[[ DATA EXTRACTS open ]]

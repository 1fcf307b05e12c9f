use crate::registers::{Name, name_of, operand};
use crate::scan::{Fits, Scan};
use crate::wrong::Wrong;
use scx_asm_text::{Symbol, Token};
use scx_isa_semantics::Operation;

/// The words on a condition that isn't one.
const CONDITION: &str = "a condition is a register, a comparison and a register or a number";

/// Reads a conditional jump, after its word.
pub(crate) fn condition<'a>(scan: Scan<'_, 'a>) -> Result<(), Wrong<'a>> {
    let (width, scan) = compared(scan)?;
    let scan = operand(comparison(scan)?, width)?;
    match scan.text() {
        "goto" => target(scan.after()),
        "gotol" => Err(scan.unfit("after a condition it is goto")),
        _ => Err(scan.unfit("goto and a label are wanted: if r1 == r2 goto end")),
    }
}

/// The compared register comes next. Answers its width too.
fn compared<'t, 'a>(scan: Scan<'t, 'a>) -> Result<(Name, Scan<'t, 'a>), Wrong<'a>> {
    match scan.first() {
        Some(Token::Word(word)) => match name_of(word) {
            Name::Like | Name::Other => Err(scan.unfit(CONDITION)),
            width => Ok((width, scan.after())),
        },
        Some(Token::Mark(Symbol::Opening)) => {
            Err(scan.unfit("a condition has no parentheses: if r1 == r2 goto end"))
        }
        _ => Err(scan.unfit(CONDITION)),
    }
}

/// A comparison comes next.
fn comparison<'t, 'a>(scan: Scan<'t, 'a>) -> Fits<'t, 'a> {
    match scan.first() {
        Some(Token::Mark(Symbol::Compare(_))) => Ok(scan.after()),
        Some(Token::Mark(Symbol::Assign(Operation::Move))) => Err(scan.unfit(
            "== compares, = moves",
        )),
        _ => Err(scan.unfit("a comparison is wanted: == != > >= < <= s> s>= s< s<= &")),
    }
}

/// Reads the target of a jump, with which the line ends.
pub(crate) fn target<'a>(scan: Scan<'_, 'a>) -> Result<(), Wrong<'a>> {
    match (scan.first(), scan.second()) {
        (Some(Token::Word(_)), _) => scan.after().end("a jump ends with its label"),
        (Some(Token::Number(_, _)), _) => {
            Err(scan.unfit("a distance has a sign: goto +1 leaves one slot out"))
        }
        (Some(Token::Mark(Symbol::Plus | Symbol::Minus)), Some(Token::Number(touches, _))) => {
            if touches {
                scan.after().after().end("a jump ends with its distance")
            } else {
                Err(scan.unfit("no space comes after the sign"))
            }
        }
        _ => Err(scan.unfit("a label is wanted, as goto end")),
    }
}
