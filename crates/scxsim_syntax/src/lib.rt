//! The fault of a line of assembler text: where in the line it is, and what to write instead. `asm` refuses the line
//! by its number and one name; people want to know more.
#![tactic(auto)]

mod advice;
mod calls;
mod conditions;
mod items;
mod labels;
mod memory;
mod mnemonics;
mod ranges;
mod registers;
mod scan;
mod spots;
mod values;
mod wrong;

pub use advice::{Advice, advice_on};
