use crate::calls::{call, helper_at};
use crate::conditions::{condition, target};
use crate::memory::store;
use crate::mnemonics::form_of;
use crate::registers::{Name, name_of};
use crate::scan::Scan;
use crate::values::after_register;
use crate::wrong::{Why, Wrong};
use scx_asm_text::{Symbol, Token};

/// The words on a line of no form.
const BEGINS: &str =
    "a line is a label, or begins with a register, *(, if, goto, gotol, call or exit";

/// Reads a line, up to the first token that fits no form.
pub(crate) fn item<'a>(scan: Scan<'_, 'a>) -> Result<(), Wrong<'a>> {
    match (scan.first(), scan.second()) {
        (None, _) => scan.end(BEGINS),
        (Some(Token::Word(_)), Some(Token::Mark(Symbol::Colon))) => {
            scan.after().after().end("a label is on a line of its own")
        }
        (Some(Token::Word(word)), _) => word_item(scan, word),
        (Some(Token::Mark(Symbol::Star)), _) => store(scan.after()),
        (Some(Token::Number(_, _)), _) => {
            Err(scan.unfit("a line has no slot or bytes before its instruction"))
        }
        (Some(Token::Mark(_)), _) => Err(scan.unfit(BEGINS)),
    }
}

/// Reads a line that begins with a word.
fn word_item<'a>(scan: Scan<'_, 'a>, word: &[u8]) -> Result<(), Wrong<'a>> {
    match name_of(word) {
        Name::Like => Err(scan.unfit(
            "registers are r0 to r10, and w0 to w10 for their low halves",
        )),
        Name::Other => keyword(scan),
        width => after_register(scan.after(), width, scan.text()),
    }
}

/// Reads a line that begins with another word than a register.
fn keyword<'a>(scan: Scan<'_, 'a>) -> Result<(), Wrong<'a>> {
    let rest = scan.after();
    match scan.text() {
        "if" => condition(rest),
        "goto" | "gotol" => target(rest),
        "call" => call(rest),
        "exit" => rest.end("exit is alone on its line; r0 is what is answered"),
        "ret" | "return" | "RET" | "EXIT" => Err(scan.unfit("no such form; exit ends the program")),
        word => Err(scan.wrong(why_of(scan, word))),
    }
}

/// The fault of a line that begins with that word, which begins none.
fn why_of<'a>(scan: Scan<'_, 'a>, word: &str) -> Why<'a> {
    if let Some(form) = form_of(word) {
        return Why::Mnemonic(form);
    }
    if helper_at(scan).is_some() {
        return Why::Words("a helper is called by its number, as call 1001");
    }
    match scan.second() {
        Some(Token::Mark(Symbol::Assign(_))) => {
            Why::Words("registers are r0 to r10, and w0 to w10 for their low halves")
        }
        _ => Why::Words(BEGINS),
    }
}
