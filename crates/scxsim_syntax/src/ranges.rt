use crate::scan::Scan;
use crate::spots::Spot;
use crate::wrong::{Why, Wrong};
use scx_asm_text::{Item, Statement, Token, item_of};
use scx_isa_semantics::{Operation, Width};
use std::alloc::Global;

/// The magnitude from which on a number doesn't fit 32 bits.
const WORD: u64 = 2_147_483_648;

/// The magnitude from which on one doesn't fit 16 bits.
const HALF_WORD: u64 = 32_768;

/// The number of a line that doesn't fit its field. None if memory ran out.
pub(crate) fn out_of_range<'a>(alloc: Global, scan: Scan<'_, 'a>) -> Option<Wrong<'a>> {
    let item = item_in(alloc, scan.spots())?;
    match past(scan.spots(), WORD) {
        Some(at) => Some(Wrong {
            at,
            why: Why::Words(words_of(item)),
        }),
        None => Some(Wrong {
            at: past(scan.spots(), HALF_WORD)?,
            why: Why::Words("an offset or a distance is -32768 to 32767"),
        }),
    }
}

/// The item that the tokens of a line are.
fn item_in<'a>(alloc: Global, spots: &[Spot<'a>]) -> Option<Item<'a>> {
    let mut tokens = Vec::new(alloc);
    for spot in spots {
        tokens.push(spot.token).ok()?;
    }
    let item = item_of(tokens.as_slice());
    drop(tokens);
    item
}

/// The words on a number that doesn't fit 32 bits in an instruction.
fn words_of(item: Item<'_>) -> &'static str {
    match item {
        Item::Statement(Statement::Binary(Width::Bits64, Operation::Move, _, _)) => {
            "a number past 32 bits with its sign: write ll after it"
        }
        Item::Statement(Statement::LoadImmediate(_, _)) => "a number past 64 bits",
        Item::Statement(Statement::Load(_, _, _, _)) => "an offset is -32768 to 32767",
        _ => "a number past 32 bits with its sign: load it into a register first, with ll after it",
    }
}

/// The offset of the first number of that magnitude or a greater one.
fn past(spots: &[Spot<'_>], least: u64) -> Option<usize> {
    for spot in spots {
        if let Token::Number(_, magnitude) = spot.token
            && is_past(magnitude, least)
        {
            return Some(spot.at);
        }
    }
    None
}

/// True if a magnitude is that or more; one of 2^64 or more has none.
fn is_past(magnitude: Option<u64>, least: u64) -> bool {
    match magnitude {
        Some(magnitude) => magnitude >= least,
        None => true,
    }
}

[[ DATA EXTRACTS closed ]]

Read the material above and copy out each line holding "wanted".

        _ => Err(scan.unfit("goto and a label are wanted: if r1 == r2 goto end")),
        _ => Err(scan.unfit("a comparison is wanted: == != > >= < <= s> s>= s< s<= &")),
        _ => Err(scan.unfit("a label is wanted, as goto end")),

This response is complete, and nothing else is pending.